Work item: Copy out all the lines of the data that hold the word "alloc".

##### Task material #####

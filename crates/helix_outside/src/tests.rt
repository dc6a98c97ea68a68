mod disks;

use crate::{Calls, Console, Disk, Failed, Files, MemoryConsole, SteadyConsole, SteadyDisk};
use disks::{copies_two_bytes, next_piece};
use std::alloc::Global;
use std::test::Fail;

/// Two files: `in` and the empty `é`.
fn two_files(alloc: Global) -> Result<Files, Fail> {
    let mut files = Files::new(alloc);
    files.put("in", b"abcde")?;
    files.put("é", b"")?;
    Ok(files)
}

fn listed(alloc: Global, numbers: &[u64]) -> Result<Calls, Fail> {
    let mut calls = Calls::new(alloc);
    for number in numbers {
        calls.push(*number)?;
    }
    Ok(calls)
}

fn text_of(bytes: Option<&[u8]>) -> Option<&str> {
    bytes.and_then(|bytes| str::from_utf8(bytes).ok())
}

/// Files of which some were put twice, and some had bytes appended.
fn put_and_appended(alloc: Global) -> Result<Files, Fail> {
    let mut files = Files::new(alloc);
    for (name, bytes) in [("a", "1"), ("é", "2"), ("", "3"), ("a", "45"), ("ab", "")] {
        files.put(name, bytes.as_bytes())?;
    }
    for (name, bytes) in [("ab", "67"), ("ab", "8"), ("c", ""), ("d", "9")] {
        files.append(name.as_bytes(), bytes.as_bytes())?;
    }
    Ok(files)
}

#[test]
fn files_hold_what_was_put_last(rt: HostRuntime) -> Result<(), Fail> {
    let files = put_and_appended(rt.alloc())?;
    let cases = [
        ("a", Some("45")),
        ("é", Some("2")),
        ("e\u{301}", None),
        ("", Some("3")),
        ("ab", Some("678")),
        ("A", None),
        ("./a", None),
        ("c", None),
        ("d", Some("9")),
    ];
    for (name, want) in cases {
        assert_eq!(rt; text_of(files.get(name.as_bytes())), want, "{name}");
    }
    Ok(())
}

#[test]
fn calls_are_listed_in_order(rt: HostRuntime) -> Result<(), Fail> {
    let calls = listed(rt.alloc(), &[3, 1, u64::MAX])?;
    assert_eq!(rt; calls.as_slice(), [3, 1, u64::MAX].as_slice());
    Ok(())
}

#[test]
fn a_failure_has_a_text(rt: HostRuntime) -> Result<(), Fail> {
    let text = format!(in rt.alloc(); "{}", Failed)?;
    assert_eq!(rt; text.as_str(), "the disk or the console failed");
    Ok(())
}

/// Writes three lines, and tells whether one failed.
fn writes_three_lines(console: &mut MemoryConsole) -> bool {
    let mut failed = false;
    for line in ["a", "", "é"] {
        failed = console.line(line.as_bytes()).is_err() || failed;
    }
    failed
}

#[test]
fn a_listed_line_adds_nothing(rt: HostRuntime) -> Result<(), Fail> {
    for (due, text, fails) in [
        (0, "a\n\né\n", false),
        (1, "\né\n", true),
        (2, "a\né\n", true),
        (3, "a\n\n", true),
        (4, "a\n\né\n", false),
    ] {
        let mut console = MemoryConsole::open(listed(rt.alloc(), &[due])?);
        let failed = writes_three_lines(&mut console);
        assert_eq!(rt; text_of(Some(console.text())), Some(text), "{due}");
        assert_eq!(rt;
            (failed, console.faults()),
            (fails, u64::from(fails)),
            "{due}"
        );
    }
    Ok(())
}

/// A file of a steady disk, up to eight bytes.
fn read_whole<'a>(
    disk: &mut SteadyDisk,
    name: &str,
    buffer: &'a mut [u8],
) -> Result<&'a [u8], Failed> {
    disk.begin_read(name)?;
    next_piece(disk, buffer)
}

#[test]
fn a_steady_disk_reads_and_counts(rt: HostRuntime) -> Result<(), Fail> {
    let mut disk = SteadyDisk::open(two_files(rt.alloc())?);
    copies_two_bytes(&mut disk)?;
    assert_eq!(rt; disk.written(), 2);
    for (name, want) in [("in", "abcde"), ("é", ""), ("out", ""), ("gone", "")] {
        let mut buffer = [0; 8];
        let found = read_whole(&mut disk, name, &mut buffer)?;
        assert_eq!(rt; text_of(Some(found)), Some(want), "{name}");
    }
    Ok(())
}

#[test]
fn a_steady_console_takes_lines(_rt: HostRuntime) -> Result<(), Fail> {
    SteadyConsole::open().line(b"a")?;
    Ok(())
}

#####

Exercise output:
use std::alloc::Global;
fn two_files(alloc: Global) -> Result<Files, Fail> {
    let mut files = Files::new(alloc);
fn listed(alloc: Global, numbers: &[u64]) -> Result<Calls, Fail> {
    let mut calls = Calls::new(alloc);
fn put_and_appended(alloc: Global) -> Result<Files, Fail> {
    let mut files = Files::new(alloc);
    let files = put_and_appended(rt.alloc())?;
    let calls = listed(rt.alloc(), &[3, 1, u64::MAX])?;
    let text = format!(in rt.alloc(); "{}", Failed)?;
        let mut console = MemoryConsole::open(listed(rt.alloc(), &[due])?);
    let mut disk = SteadyDisk::open(two_files(rt.alloc())?);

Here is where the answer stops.